She decided to give me another chance and a year later snapped and we were separated for a little over a month. I am very caring now, open, emotionally available, cook, clean, provide, we are almost a year into me being a different person alhtough it has not been a perfect year. Before that separation she met someone she had an emotional connection with, I am not sure if they were physically intimate, but I know she wanted to be. I didnt give her the space she needed, it was tough on both of us, and now we are back together. We have a 2 year old son and a 10 year old from our previous marriage. She says she wants to be with me forever, that I am her emotional partner for life that she wants to grow old, have babies with, travel with, and she loves me.

BUT, today she told me that she doubts monogamy and that sex is very important to her, and she does not know if she can ever have it with me again. She says she feels like she has to choose between her sex life and our life. She admitted to being sexually attracted to someone else and that she doesn't know if we can ever get that back or if this will ever work. I love her dearly, am amazingly attracted to her, fantasize about her non stop and she is all I want, like when we first met. Had I not gone through what I did we would never be where we are, but its our reality.

How should I proceed with this? She is distant, angry, and really sad above all. I want her to be happy, us to be happy. I want a healthy sex life but do not know how to proceed. Advice is desperately needed as I cant find a situation like this out there. I dont know if this helps but I am 32, she is 28, we have been together for 8 years.


----------



## Hope1964 (Sep 26, 2011)

Wow. Ok, let me get this straight. You cheated. She may have also cheated but you didn't want to know and still don't. Now she says she can't have sex with you but that sex is really important to her but she doesn't believe in monogamy.
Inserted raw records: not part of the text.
//! Cases `fields` and `written`: the fields of files, as they are read and as they are written.

use crate::conditions::at_blank;
use case_files::{CaseFault, Part, Wrong, number_of, push_parts};
use case_texts::{Scene, line};
use cm_base::{NoMemory, Text};
use cm_bytes::{Reader, Short, Writer};
use std::alloc::Global;

/// A reader, by steps.
#[derive(Drop)]
pub struct FieldsScene<'a> {
    pub reader: Reader<'a>,
}

/// The line of a number that was read.
fn number_line(alloc: Global, found: Result<u32, Short>) -> Result<Vec<u8>, NoMemory> {
    let Ok(number) = found else {
        return line(alloc, b"short");
    };
    let mut out = Vec::new(alloc);
    push_parts(
        alloc,
        &mut out,
        &[Part::Number(u64::from(number)), Part::Text(b"\n")],
    )?;
    Ok(out)
}

/// The line of bytes that were read.
fn bytes_line(alloc: Global, found: Result<&[u8], Short>) -> Result<Vec<u8>, NoMemory> {
    match found {
        Ok(bytes) => line(alloc, bytes),
        Err(Short) => line(alloc, b"short"),
    }
}

impl Scene for FieldsScene<'_> {
    fn answer(
        &mut self,
        alloc: Global,
        step: &[u8],
        words: &[Text],
    ) -> Result<Option<Vec<u8>>, NoMemory> {
        match (step, words) {
            (b"u8", []) => { Ok(Some(number_line(alloc, self.reader.u8().map(u32::from))?)) }
            (b"u32", []) => Ok(Some(number_line(alloc, self.reader.u32())?)),
            (b"text", []) => Ok(Some(bytes_line(alloc, self.reader.slice())?)),
            (b"end", []) => {
                Ok(Some(line(alloc, if self.reader.at_end() { b"yes" } else { b"no" })?))
            }
            (b"raw", [count]) => match number_of(count.as_bytes()) {
                Some(count) => Ok(Some(bytes_line(alloc, self.reader.raw(count as usize))?)),
                None => Ok(None),
            },
            _ => Ok(None),
        }
    }
}

/// Writes a number. None where the bytes write none.
fn write_number(writer: &mut Writer, is_byte: bool, digits: &[u8]) -> Result<Option<()>, NoMemory> {
    let Some(number) = number_of(digits) else {
        return Ok(None);
    };
    if !is_byte {
        writer.u32(number)?;
        return Ok(Some(()));
    }
    match u8::try_from(number) {
        Ok(byte) => writer.u8(byte)?,
        Err(_) => return Ok(None),
    }
    Ok(Some(()))
}

/// Writes a text with its length. None where it is too long for one.
fn write_text(alloc: Global, writer: &mut Writer, bytes: &[u8]) -> Result<Option<()>, NoMemory> {
    let text = Text::from_bytes(alloc, bytes)?;
    if text.as_bytes().len() >= 1 << 32 {
        return Ok(None);
    }
    writer.text(&text)?;
    Ok(Some(()))
}

/// Writes the field of a line. None where the line is of no form.
fn write_field(alloc: Global, writer: &mut Writer, field: &[u8]) -> Result<Option<()>, NoMemory> {
    let Some((what, value)) = at_blank(field) else {
        return Ok(None);
    };
    match what {
        b"u8" => write_number(writer, true, value),
        b"u32" => write_number(writer, false, value),
        b"text" => write_text(alloc, writer, value),
        b"raw" => {
            writer.raw(value)?;
            Ok(Some(()))
        }
        _ => Ok(None),
    }
}

/// The bytes of fields, a field a line.
pub fn written(alloc: Global, at: u32, text: &Text) -> Result<Vec<u8>, CaseFault> {
    let mut writer = Writer::new(alloc);
    for field in text.as_bytes().split(|byte| *byte == b'\n') {
        if write_field(alloc, &mut writer, field)?.is_none() {
            return Err(CaseFault::Wrong(at, Wrong::Words));
        }
    }
    Ok(Vec::from_slice(alloc, writer.finish().as_bytes())?)
}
She's having sex with someone else.

Do you want to continue in a marriage with a third person?


----------



## ProvidenceHusband (Aug 9, 2012)

Let me clarify: During our separation we were allowed to see other people, I believe she did and was. She felt alone and unwanted for years in our marriage and I believe she just wanted to feel attractive and desired. Now that we are back together and working on our marriage the sex is the missing part, and she is having much more issues then me. I feel like I shattered her ideal of monogomy and she says she wants that, she wants to feel like that and be intimate with me, she doest know if its ever possible though.


----------



## Shaggy (Jul 17, 2011)

It sounds like she is in an active affair and sees having sex with you as cheating on the OM. 

She was obviously devastated by your cheating, but she chose to R and forgive you. But you haven't gotten R, all you are doing is living together. 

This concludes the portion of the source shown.